This evidence is summarized, for kidney transplantation, in the KDIGO clinical practice guidelines (4), which recommend a combination of therapies including CNI and antiM with or without Pred. In particular, KDIGO guidelines suggest TAC as a first-line CNI and MMF as an antiM. Moreover, the use of mTORis is suggested only when graft function is established, as a second-line therapy, or as an alternative option to standard regimens based on MMF + CNI (4, 15). The possible addition of Pred depends on the immunological risk of the recipient (4).

For the other organs, the guidelines are less specific for want of solid evidence. For liver transplantation, the combination of TAC and MMF exists and is often used in initial immunosuppressor regimens (7), but drug therapies including combinations of CNI, antiM, mTORi, and/or Pred are possible.

It is important to remember that the combination of different drugs and/or dosage can be adjusted to ensure suitable immunosuppression and to prevent adverse effects. Immunosuppressive regimens may vary across transplant centres and they should be tailored to patients’ needs.
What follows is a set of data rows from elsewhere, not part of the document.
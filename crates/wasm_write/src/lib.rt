// Modules in the binary format, spelled shortest.
//
// `specs/Modules.antt` says which bytes those are (`shortest`), and the files beside it say it of the parts. `write_module`
// gives exactly these, and `laws` has what follows of the definition: they spell the module.
#![tactic(auto)]

ghost use Rattle.std.specs.Prelude.{◌≡◌, ℕ, IfOk, Some, None, Err};
ghost use Rattle.wasm_ast.specs.Shape.{HasShape};
ghost use Rattle.wasm_binary.specs.Modules.{IsBinary};
ghost use Rattle.wasm_write.specs.Modules.{shortest, sections, first_long};

mod expressions;
mod instructions;
pub mod laws;
mod section_entries;
mod sections;
mod types;
mod values;

use sections::put_sections;
use std::alloc::{AllocError, Global};
use wasm_ast::Module;
use wasm_ast::ranges::is_in_range;

/// Why a module isn't written.
#[derive(Clone, Copy, Debug, PartialEq, Eq)]
pub enum WriteBad {
    /// The contents of a section would have 4,294,967,296 bytes or more. The id of the first such section in the order of
    /// writing: 0 for a custom section, 1 to 12 for the others (Binary Format, Modules: Sections).
    TooLong(u8),
    /// Memory is wanting.
    NoMemory,
}

impl From<AllocError> for WriteBad {
    ghost use Rattle.std.specs.Prelude.{◌≡◌};
    ghost use Rattle.wasm_write.specs.declared.WriteBad.TheVariants.{NoMemory};

    ghost from_gives = { λ _ bad. bad ≡ NoMemory };

    fn from(_error: AllocError) -> WriteBad {
        WriteBad::NoMemory
    }
}

// The magic number and the version.
const FRONT: [u8; 8] = [0x00, 0x61, 0x73, 0x6D, 0x01, 0x00, 0x00, 0x00];

/// The module in the binary format (Binary Format, Modules), each number in the fewest bytes and no section without entries.
///
/// It refuses with `TooLong` exactly where a section's contents are too long for their size to be written.
pub fn write_module(alloc: Global, m: &Module) -> Result<Vec<u8>, WriteBad>
    requires { HasShape m.now }

    ensures shortest { IfOk result (λ v. v.items ≡ shortest m.now) }
    ensures binary { IfOk result (λ v. IsBinary m.now v.items) }
    ensures short { IfOk result (λ v. first_long (sections m.now) ≡ None) }
    ensures too_long { (id : ℕ) → result ≡ Err (WriteBad.TooLong id) → first_long (sections m.now) ≡ Some id }
{
    is_in_range(m);
    let mut out = Vec::from_slice(alloc, &FRONT)?;
    match put_sections(alloc, &mut out, m) {
        Ok(()) => Ok(out),
        Err(bad) => Err(bad),
    }
}
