#![tactic(auto)]
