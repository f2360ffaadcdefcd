//! What a log has, and why it may have nothing for a reader.

use ddc_names::{IoHash, RefSpot};

/// What happened to a reference.
#[derive(Clone, Copy, Debug, PartialEq, Eq)]
pub enum EventOp {
    /// It serves this object from now on.
    Added(IoHash),
    /// It serves nothing any more.
    Deleted,
}

/// One change of what a namespace serves.
#[derive(Clone, Copy, Debug, PartialEq, Eq)]
pub struct Event {
    /// At least 1. The next event of the log has the next number.
    pub number: u64,
    pub spot: RefSpot,
    pub op: EventOp,
}

/// Why a log gives a reader no events.
#[derive(Clone, Copy, Debug, PartialEq, Eq)]
pub enum LogFault {
    /// The reader says that it has read more than there is.
    Ahead {
        /// The number of the last event, and 0 where there was none.
        last: u64,
    },
    /// The next event for the reader isn't kept any more.
    Trimmed {
        /// The least number whose event is kept.
        oldest: u64,
    },
    /// There was no memory for the events.
    NoMemory,
}
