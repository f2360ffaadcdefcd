//! The log of a namespace: numbered events that say which references were finalised and which went, of which the last
//! ones are kept for those who follow.
#![tactic(auto)]

mod event;
mod laws;
mod log;
mod ring;

pub use event::{Event, EventOp, LogFault};
pub use laws::{a_log_keeps_the_newest, a_reader_misses_nothing};
pub use log::EventLog;
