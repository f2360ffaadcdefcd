//! The ring of events that a log has.

ghost use Rattle.std.specs.Prelude.{◌≡◌, ◌++◌, ◌∷◌, [], ◌+◌, ◌^◌, ◌<◌, ◌≤◌, min, length, take, drop, OnOk, OnErr, IfOk};
ghost use Rattle.std.specs.VecDeque.{deque_len, deque_capacity};
ghost use Rattle.replication_log.specs.Logs.{newest};
ghost use Rattle.replication_log.specs.Several.{with_each};

use crate::{Event, EventOp};
use ddc_names::{NoMemory, RefSpot, Rows};
use std::alloc::Global;
use std::collections::VecDeque;

/// Adds an event at the end. Where there are `kept` of them, the first one goes, and no memory is taken.
pub(crate) fn push_newest(
    events: &mut VecDeque<Event>,
    kept: u32,
    event: Event,
) -> Result<(), NoMemory>
    requires some { 1 ≤ kept }
    requires few { deque_len events.old ≤ kept }
    ensures ok { OnOk result (events.new.items ≡ newest kept (events.old.items ++ event ∷ [])) }
    ensures err { OnErr result (events.new.items ≡ events.old.items) }
    ensures only_while_it_grows { OnErr result (length events.old.items < kept) }
{
    if events.len() < kept as usize {
        events.push_back(event)?;
        return Ok(());
    }
    events.pop_front();
    events.push_back_reserved(event);
    Ok(())
}

/// Adds an event with this op for each of these references, with the numbers after `last`: all of them or none.
pub(crate) fn push_each(
    events: &mut VecDeque<Event>,
    kept: u32,
    last: u64,
    spots: &[RefSpot],
    op: EventOp,
) -> Result<(), NoMemory>
    requires some { 1 ≤ kept }
    requires few { deque_len events.old ≤ kept }
    requires numbers { last + length spots.now < 2 ^ 64 }
    ensures ok { OnOk result (events.new.items ≡ (with_each (record { kept = kept; last = last; events = events.old.items }) op spots.now).events) }
    ensures err { OnErr result (events.new.items ≡ events.old.items) }
    ensures only_while_it_grows { OnErr result (length events.old.items < kept) }
{
    reserve_newest(events, kept, spots.len())?;
    let mut number = last;
    for spot in spots {
        number += 1;
        let spot = *spot;
        push_reserved(events, kept, Event { number, spot, op });
    }
    Ok(())
}

// Takes the room for so many more events, of which no more than `kept` stand at once.
fn reserve_newest(events: &mut VecDeque<Event>, kept: u32, count: usize) -> Result<(), NoMemory>
    requires { deque_len events.old ≤ kept }
    ensures items { events.new.items ≡ events.old.items }
    ensures len { deque_len events.new ≡ deque_len events.old }
    ensures room { OnOk result (min kept (deque_len events.old + count) ≤ deque_capacity events.new) }
    ensures only_while_it_grows { OnErr result (deque_len events.old < kept) }
{
    let more = count.min(kept as usize - events.len());
    events.reserve(more)?;
    Ok(())
}

// Adds an event for which there is room. Where there are `kept` of them, the first one goes.
fn push_reserved(events: &mut VecDeque<Event>, kept: u32, event: Event)
    requires some { 1 ≤ kept }
    requires few { deque_len events.old ≤ kept }
    requires room { min kept (deque_len events.old + 1) ≤ deque_capacity events.old }
    ensures items { events.new.items ≡ newest kept (events.old.items ++ event ∷ []) }
    ensures len { deque_len events.new ≡ min kept (deque_len events.old + 1) }
    ensures capacity { deque_capacity events.new ≡ deque_capacity events.old }
{
    if events.len() >= kept as usize {
        events.pop_front();
    }
    events.push_back_reserved(event);
}

/// The first `count` of the events from the place `start` on.
pub(crate) fn first_events(
    alloc: Global,
    events: &VecDeque<Event>,
    start: usize,
    count: usize,
) -> Result<Rows<Event>, NoMemory>
    requires { start ≤ deque_len events.now }
    ensures { IfOk result (λ rows. rows ≡ take count (drop start events.now.items)) }
{
    let end = start + count.min(events.len() - start);
    let page = events.range(start..end).copied().collect(alloc)?;
    Ok(Rows::of_vec(page))
}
In particular, in the context of less frequent solid organ transplants such as the heart and the lungs, the clinical centre is the principal actor in the choice of therapies and its therapeutic protocols should take into account the patient's clinical history and more recent available evidence.

In the USA, the scientific registry of transplant recipients reports that triple therapy (TAC + MMF + Pred) is commonly used in all settings (16). In Asia, immunosuppressive regimens vary markedly across centres and organ settings (17). In Europe, and particularly in Italy, data on immunosuppressive therapy in clinical practice are scarce and, when available, mainly concern kidney transplant. The RECORD study reports that in south-eastern Europe, the most commonly prescribed maintenance immunosuppressive regimen for kidney transplant patients in the years 2013–2016 was triple therapy (18) comprising CNI, antiproliferative medication, and corticosteroids. The type of CNI used varied across countries, CSA ranged from 4% to 45%, and a relevant use of dual regimen (corticosteroid sparing) was shown in Slovenia and Croatia.

Other important aspects to consider in immunosuppressive therapy are the availability of several TAC formulations and the use of generics for TAC, CsA, and MMF. Specifically, TAC use is rendered complicated by a narrow therapeutic index and high pharmacokinetic variability. There are two available oral formulations of TAC: immediate release (IR) and extended release (ER). IR is formulated to promote rapid absorption and is administered twice daily, while ER is formulated with excipients that form a protective polymer coating, resulting in a slower tacrolimus dissolution rate, and it is administered once daily (19). This prolonged release has no impact on the main pharmacokinetic parameters, which remain the same for daily and twice-daily formulations (20), and several RCTs have demonstrated equivalence in terms of efficacy and safety between the two formulations (21). However, ER formulation may be particularly beneficial in improving immunosuppression compliance and subsequently long-term outcomes (22, 23).

The recent availability of generic medications on the market has allowed interchangeability with brand name products with significantly lower-cost therapies. However, generic substitution requires caution, because in transplant patients, even relatively small changes in immunosuppressive drug exposure can lead to serious clinical consequences in terms of either under- or over-exposure (24). The availability of generic formulations for CsA, MMF, and TAC, at the start of or during drug therapy, increases the complexity of treatment choice. A systematic review and meta-analysis comparing generic with branded immunosuppressive drugs in different transplant settings concluded that there was a lack of bioequivalence for the generic formulations of CsA, TAC, and MMF in transplant patients, but there was no significant difference in terms of acute rejection (25). Moreover, a recent meta-analysis reveals a lower risk of acute biopsy rejection in patients treated with generic TAC (26). In clinical practice, data on the use of different immunosuppressive formulations and generic uptake are scarce and limited to non-European countries (27).

The aim of this study is to describe the prescription pattern of maintenance immunosuppressive therapy for solid organ transplant in Italy, showing for each organ setting (the kidneys, liver, and heart) spatial and temporal variability, with a focus on generic and modified-release formulations.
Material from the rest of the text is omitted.